┌─ Information supplied
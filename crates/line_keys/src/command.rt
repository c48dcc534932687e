//! The commands of the editor.

ghost use Rattle.std.specs.Prelude.{◌≡◌, IfOk, IfErr, IsSome};
ghost use Rattle.line_config.specs.declared.errors.ReadlineError.{ReadlineError};
ghost use Rattle.line_keys.specs.Commands.{movement_with_count};

use crate::texts::Text;
use line_buffer::{Anchor, Movement, RepeatCount};
use line_config::ReadlineError;
use std::alloc::Global;

/// A command, with readline's names.
#[derive(Debug, PartialEq, Eq, Drop)]
pub enum Cmd {
    /// abort
    Abort,
    /// accept-line
    AcceptLine,
    /// beginning-of-history
    BeginningOfHistory,
    /// capitalize-word
    CapitalizeWord,
    /// clear-screen
    ClearScreen,
    /// complete
    Complete,
    /// complete-backward
    CompleteBackward,
    /// complete-hint
    CompleteHint,
    /// Dedents the rows of a range.
    Dedent(Movement),
    /// downcase-word
    DowncaseWord,
    /// vi-eof-maybe
    EndOfFile,
    /// end-of-history
    EndOfHistory,
    /// forward-search-history
    ForwardSearchHistory,
    /// history-search-backward
    HistorySearchBackward,
    /// history-search-forward
    HistorySearchForward,
    /// Indents the rows of a range.
    Indent(Movement),
    /// Inserts a text `n` times.
    Insert(RepeatCount, Text),
    /// The signal that Ctrl-C sends.
    Interrupt,
    /// backward-delete-char, delete-char, kill-line, kill-word, unix-line-discard,
    /// unix-word-rubout, vi-delete-to
    Kill(Movement),
    /// backward-char, forward-char, backward-word, forward-word, beginning-of-line, end-of-line,
    /// vi-char-search
    Move(Movement),
    /// next-history
    NextHistory,
    Noop,
    /// Redraws the line.
    Repaint,
    /// Overwrites the cluster at the cursor.
    Overwrite(char),
    /// previous-history
    PreviousHistory,
    /// quoted-insert
    QuotedInsert,
    /// vi-change-char
    ReplaceChar(RepeatCount, char),
    /// vi-change-to: kills a range, and inserts the text that was typed over it, once that is
    /// known.
    Replace(Movement, Option<Text>),
    /// reverse-search-history
    ReverseSearchHistory,
    /// Vi's `n` and `N`: looks for the last searched text again. It acts only if the setting
    /// `modal_commands` is on.
    SearchAgain(SearchAgain),
    /// self-insert
    SelfInsert(RepeatCount, char),
    /// The signal that Ctrl-Z sends.
    Suspend,
    /// transpose-chars
    TransposeChars,
    /// transpose-words
    TransposeWords(RepeatCount),
    /// undo
    Undo(RepeatCount),
    /// A key without a meaning.
    Unknown,
    /// upcase-word
    UpcaseWord,
    /// vi-yank-to
    ViYankTo(Movement),
    /// yank, vi-put
    Yank(RepeatCount, Anchor),
    /// yank-pop
    YankPop,
    /// Moves up by n rows; in the first row, previous-history.
    LineUpOrPreviousHistory(RepeatCount),
    /// Moves down by n rows; in the last row, next-history.
    LineDownOrNextHistory(RepeatCount),
    /// Inserts a newline.
    Newline,
    /// Accepts a valid line, and inserts a newline into any other line.
    AcceptOrInsertLine {
        /// Whether a valid line is accepted even if text follows the cursor.
        accept_in_the_middle: bool,
    },
}

impl Cmd {
    ghost use Rattle.line_keys.specs.Commands.{flags_of, Copied};

    /// A copy of the command. Only its text takes memory.
    pub fn try_clone(&self, alloc: Global) -> Result<Self, ReadlineError>
        ensures { Copied self.now result }
    {
        let copy = match self {
            Cmd::Abort => Cmd::Abort,
            Cmd::AcceptLine => Cmd::AcceptLine,
            Cmd::BeginningOfHistory => Cmd::BeginningOfHistory,
            Cmd::CapitalizeWord => Cmd::CapitalizeWord,
            Cmd::ClearScreen => Cmd::ClearScreen,
            Cmd::Complete => Cmd::Complete,
            Cmd::CompleteBackward => Cmd::CompleteBackward,
            Cmd::CompleteHint => Cmd::CompleteHint,
            Cmd::Dedent(movement) => Cmd::Dedent(recounted(movement, None)),
            Cmd::DowncaseWord => Cmd::DowncaseWord,
            Cmd::EndOfFile => Cmd::EndOfFile,
            Cmd::EndOfHistory => Cmd::EndOfHistory,
            Cmd::ForwardSearchHistory => Cmd::ForwardSearchHistory,
            Cmd::HistorySearchBackward => Cmd::HistorySearchBackward,
            Cmd::HistorySearchForward => Cmd::HistorySearchForward,
            Cmd::Indent(movement) => Cmd::Indent(recounted(movement, None)),
            Cmd::Insert(n, text) => Cmd::Insert(*n, text.try_clone(alloc)?),
            Cmd::Interrupt => Cmd::Interrupt,
            Cmd::Kill(movement) => Cmd::Kill(recounted(movement, None)),
            Cmd::Move(movement) => Cmd::Move(recounted(movement, None)),
            Cmd::NextHistory => Cmd::NextHistory,
            Cmd::Noop => Cmd::Noop,
            Cmd::Repaint => Cmd::Repaint,
            Cmd::Overwrite(c) => Cmd::Overwrite(*c),
            Cmd::PreviousHistory => Cmd::PreviousHistory,
            Cmd::QuotedInsert => Cmd::QuotedInsert,
            Cmd::ReplaceChar(n, c) => Cmd::ReplaceChar(*n, *c),
            Cmd::Replace(movement, text) => Cmd::Replace(
                recounted(movement, None),
                copied(alloc, text)?,
            ),
            Cmd::ReverseSearchHistory => Cmd::ReverseSearchHistory,
            Cmd::SearchAgain(way) => Cmd::SearchAgain(*way),
            Cmd::SelfInsert(n, c) => Cmd::SelfInsert(*n, *c),
            Cmd::Suspend => Cmd::Suspend,
            Cmd::TransposeChars => Cmd::TransposeChars,
            Cmd::TransposeWords(n) => Cmd::TransposeWords(*n),
            Cmd::Undo(n) => Cmd::Undo(*n),
            Cmd::Unknown => Cmd::Unknown,
            Cmd::UpcaseWord => Cmd::UpcaseWord,
            Cmd::ViYankTo(movement) => Cmd::ViYankTo(recounted(movement, None)),
            Cmd::Yank(n, anchor) => Cmd::Yank(*n, *anchor),
            Cmd::YankPop => Cmd::YankPop,
            Cmd::LineUpOrPreviousHistory(n) => Cmd::LineUpOrPreviousHistory(*n),
            Cmd::LineDownOrNextHistory(n) => Cmd::LineDownOrNextHistory(*n),
            Cmd::Newline => Cmd::Newline,
            Cmd::AcceptOrInsertLine {
                accept_in_the_middle,
            } => Cmd::AcceptOrInsertLine {
                accept_in_the_middle: *accept_in_the_middle,
            },
        };
        Ok(copy)
    }

    /// Whether the kill ring is reset before this command: a run of kills ends, and a yanked text
    /// can't be replaced any more.
    pub const fn should_reset_kill_ring(&self) -> bool
        ensures { result ≡ (flags_of self.now).resets_ring }
    {
        match self {
            Cmd::Kill(Movement::BackwardChar(_) | Movement::ForwardChar(_)) => true,
            Cmd::ClearScreen
            | Cmd::Kill(_)
            | Cmd::Replace(..)
            | Cmd::Noop
            | Cmd::Suspend
            | Cmd::Yank(..)
            | Cmd::YankPop => false,
            _ => true,
        }
    }

    /// Whether the command changes the text in a way that Vi's `.` can repeat.
    pub const fn is_repeatable_change(&self) -> bool
        ensures { result ≡ (flags_of self.now).is_change }
    {
        matches!(
            self,
            Cmd::Dedent(_)
                | Cmd::Indent(_)
                | Cmd::Insert(..)
                | Cmd::Kill(_)
                | Cmd::ReplaceChar(..)
                | Cmd::Replace(..)
                | Cmd::SelfInsert(..)
                | Cmd::ViYankTo(_)
                | Cmd::Yank(..)
        )
    }

    /// Whether the command can be repeated: a move, or a change that Vi's `.` repeats.
    pub const fn is_repeatable(&self) -> bool
        ensures { result ≡ (flags_of self.now).repeats }
    {
        match self {
            Cmd::Move(_) => true,
            _ => self.is_repeatable_change(),
        }
    }
}

/// A copy of a text, if there is one.
fn copied(alloc: Global, text: &Option<Text>) -> Result<Option<Text>, ReadlineError>
    ensures ok { IfOk result (λ t. t ≡ text.now) }
    ensures err { IfErr result (λ e. (e ≡ ReadlineError.Memory) × IsSome text.now) }
{
    match text {
        Some(text) => Ok(Some(text.try_clone(alloc)?)),
        None => Ok(None),
    }
}

/// The movement with a new count, if one is given and the movement has a count.
pub(crate) fn recounted(movement: &Movement, new: Option<RepeatCount>) -> Movement
    ensures { result ≡ movement_with_count new movement.now }
{
    match movement {
        Movement::WholeLine => Movement::WholeLine,
        Movement::BeginningOfLine => Movement::BeginningOfLine,
        Movement::EndOfLine => Movement::EndOfLine,
        Movement::BackwardWord(n, word) => Movement::BackwardWord(new.unwrap_or(*n), *word),
        Movement::ForwardWord(n, at, word) => Movement::ForwardWord(new.unwrap_or(*n), *at, *word),
        Movement::ViCharSearch(n, search) => Movement::ViCharSearch(new.unwrap_or(*n), *search),
        Movement::ViFirstPrint => Movement::ViFirstPrint,
        Movement::BackwardChar(n) => Movement::BackwardChar(new.unwrap_or(*n)),
        Movement::ForwardChar(n) => Movement::ForwardChar(new.unwrap_or(*n)),
        Movement::LineUp(n) => Movement::LineUp(new.unwrap_or(*n)),
        Movement::LineDown(n) => Movement::LineDown(new.unwrap_or(*n)),
        Movement::WholeBuffer => Movement::WholeBuffer,
        Movement::BeginningOfBuffer => Movement::BeginningOfBuffer,
        Movement::EndOfBuffer => Movement::EndOfBuffer,
    }
}

/// In which direction the history is searched again.
#[derive(Clone, Copy, Debug, PartialEq, Eq)]
pub enum SearchAgain {
    /// That of the last search.
    Same,
    /// The other one.
    Opposite,
}

/// Why a line is redrawn.
#[derive(Clone, Copy, Debug, PartialEq, Eq)]
pub enum CmdKind {
    /// The cursor moved.
    MoveCursor,
    Other,
    /// The last drawing of a line, without a hint and without a highlighted bracket.
    ForcedRefresh,
}

/// What Vi does with a typed character.
#[derive(Clone, Copy, PartialEq, Eq)]
pub enum InputMode {
    /// It is a command.
    Command,
    /// It is inserted.
    Insert,
    /// It overwrites the text.
    Replace,
}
└─
### Task
Starting at the first line of the entries above, please extract each line up to and including the line with "Inserts a text", unchanged, and add nothing.

### Output for this exercise
filename crates/line_keys/src/command.rt
repository c48dcc534932687e
//! The commands of the editor.

ghost use Rattle.std.specs.Prelude.{◌≡◌, IfOk, IfErr, IsSome};
ghost use Rattle.line_config.specs.declared.errors.ReadlineError.{ReadlineError};
ghost use Rattle.line_keys.specs.Commands.{movement_with_count};

use crate::texts::Text;
use line_buffer::{Anchor, Movement, RepeatCount};
use line_config::ReadlineError;
use std::alloc::Global;

/// A command, with readline's names.
#[derive(Debug, PartialEq, Eq, Drop)]
pub enum Cmd {
    /// abort
    Abort,
    /// accept-line
    AcceptLine,
    /// beginning-of-history
    BeginningOfHistory,
    /// capitalize-word
    CapitalizeWord,
    /// clear-screen
    ClearScreen,
    /// complete
    Complete,
    /// complete-backward
    CompleteBackward,
    /// complete-hint
    CompleteHint,
    /// Dedents the rows of a range.
    Dedent(Movement),
    /// downcase-word
    DowncaseWord,
    /// vi-eof-maybe
    EndOfFile,
    /// end-of-history
    EndOfHistory,
    /// forward-search-history
    ForwardSearchHistory,
    /// history-search-backward
    HistorySearchBackward,
    /// history-search-forward
    HistorySearchForward,
    /// Indents the rows of a range.
    Indent(Movement),
    /// Inserts a text `n` times.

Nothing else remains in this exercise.